▶ **ACTIVITY**: List all lines of the data containing the word "that".

[Data items]
//! Pages and their check, operands and status flags, the fetch, the values read in a row, and the parts that
//! rows are made of.
//!
//! What a thread does is written as a script of accesses for each instruction, kernel call and
//! delivery (`specs/`). The crates above run such a script over the answers that the thread has kept
//! since its last record.
#![tactic(auto)]

mod actions;
mod checks;
mod cursors;
mod draws;
mod families;
mod fetches;
mod finishes;
mod flags;
mod laws;
mod nexts;
mod operands;
mod services;
#[cfg(test)]
mod tests;
mod tokens;
mod vals;

pub use actions::{Action, FramePlaces};
pub use checks::{Kind, Who, check, index_of, page_fault};
pub use cursors::{Cursor, Mark, Suspended, general_protection, invalid_opcode, word_in};
pub use draws::can_draw;
pub use families::{Family, family_of};
pub use fetches::{fetch, missing, next_address};
pub use finishes::{Finish, Leaving, counted};
pub use flags::{Computed, StatusFlags};
pub use laws::{accesses_run_out, numbers_stay, parts_are_in_their_rows};
pub use nexts::Next;
pub use operands::{
    assign, compare, effective, register, register_of, set_register, settle, step, step_with,
    truncated,
};
pub use services::{Errno, SYSCALL_LENGTH, failed, serve, served, sys_record};
pub use tokens::{
    frame_ssp, frame_word, is_frame_word, is_previous_token, previous_ssp, previous_token,
    restore_token, restore_token_at, saved_at,
};
pub use vals::Vals;
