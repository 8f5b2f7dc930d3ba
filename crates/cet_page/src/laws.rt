//! What instructions and the kernel's work are in the row of a thread, and what no access changes.

ghost use Rattle.cet_page.specs.Numbered.{AccessesRunOut, NumbersStay};
ghost use Rattle.cet_page.specs.PartsOfRow.{PartsOfRow};

/// After the accesses between instructions, the row of a thread is what its instruction's part says, of
/// whatever family; and after the way into the kernel, it is the kernel's work and the way out.
pub fn parts_are_in_their_rows()
    ensures { PartsOfRow }
{}

/// A thread keeps its number over each of its accesses and over each turn of any thread, and no turn
/// takes a thread away.
pub fn numbers_stay()
    ensures { NumbersStay }
{}

/// Each access of a thread lowers the number of those that it may still make. The number is above 0
/// exactly where the thread hasn't ended, and has a bound that the job alone sets.
pub fn accesses_run_out()
    ensures { AccessesRunOut }
{}
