//! What rows come to, and what ends with the way out of the kernel.

ghost use Rattle.std.specs.Prelude.{◌≡◌, ◌-◌, ◌<◌, ◌^◌};
ghost use Rattle.cet_page.specs.Finish.{counted};

use cet_isa::{Arch, Record};

/// What a row comes to, with the state after it.
#[derive(Clone, Copy, Debug, PartialEq, Eq)]
pub enum Finish {
    /// The new state and the record.
    Noted(Arch, Record),
    /// The new state after the posting of a listed signal, which gives no record.
    Posted(Arch),
    /// The new state, the record and the status of the service exit.
    Exited(Arch, Record, u8),
    /// The process has ended.
    Stopped,
}

/// What ends with the way out of the kernel.
#[derive(Clone, Copy, Debug, PartialEq, Eq)]
pub enum Leaving {
    /// Nothing: the thread goes on.
    Back,
    /// The frame of a signal, which is popped from the thread's shadow stack.
    Popped,
    /// The thread, with this status.
    Ended(u8),
}

/// The state with one record more.
pub fn counted(arch: &Arch) -> Arch
    requires { arch.now.count < 2 ^ 32 - 1 }
    ensures { result ≡ counted arch.now }
{
    let mut after = *arch;
    after.count = arch.count + 1;
    after
}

▶ **WRITTEN ANSWER**:
//! Pages and their check, operands and status flags, the fetch, the values read in a row, and the parts that
//! delivery (`specs/`). The crates above run such a script over the answers that the thread has kept
/// Each access of a thread lowers the number of those that it may still make. The number is above 0
/// exactly where the thread hasn't ended, and has a bound that the job alone sets.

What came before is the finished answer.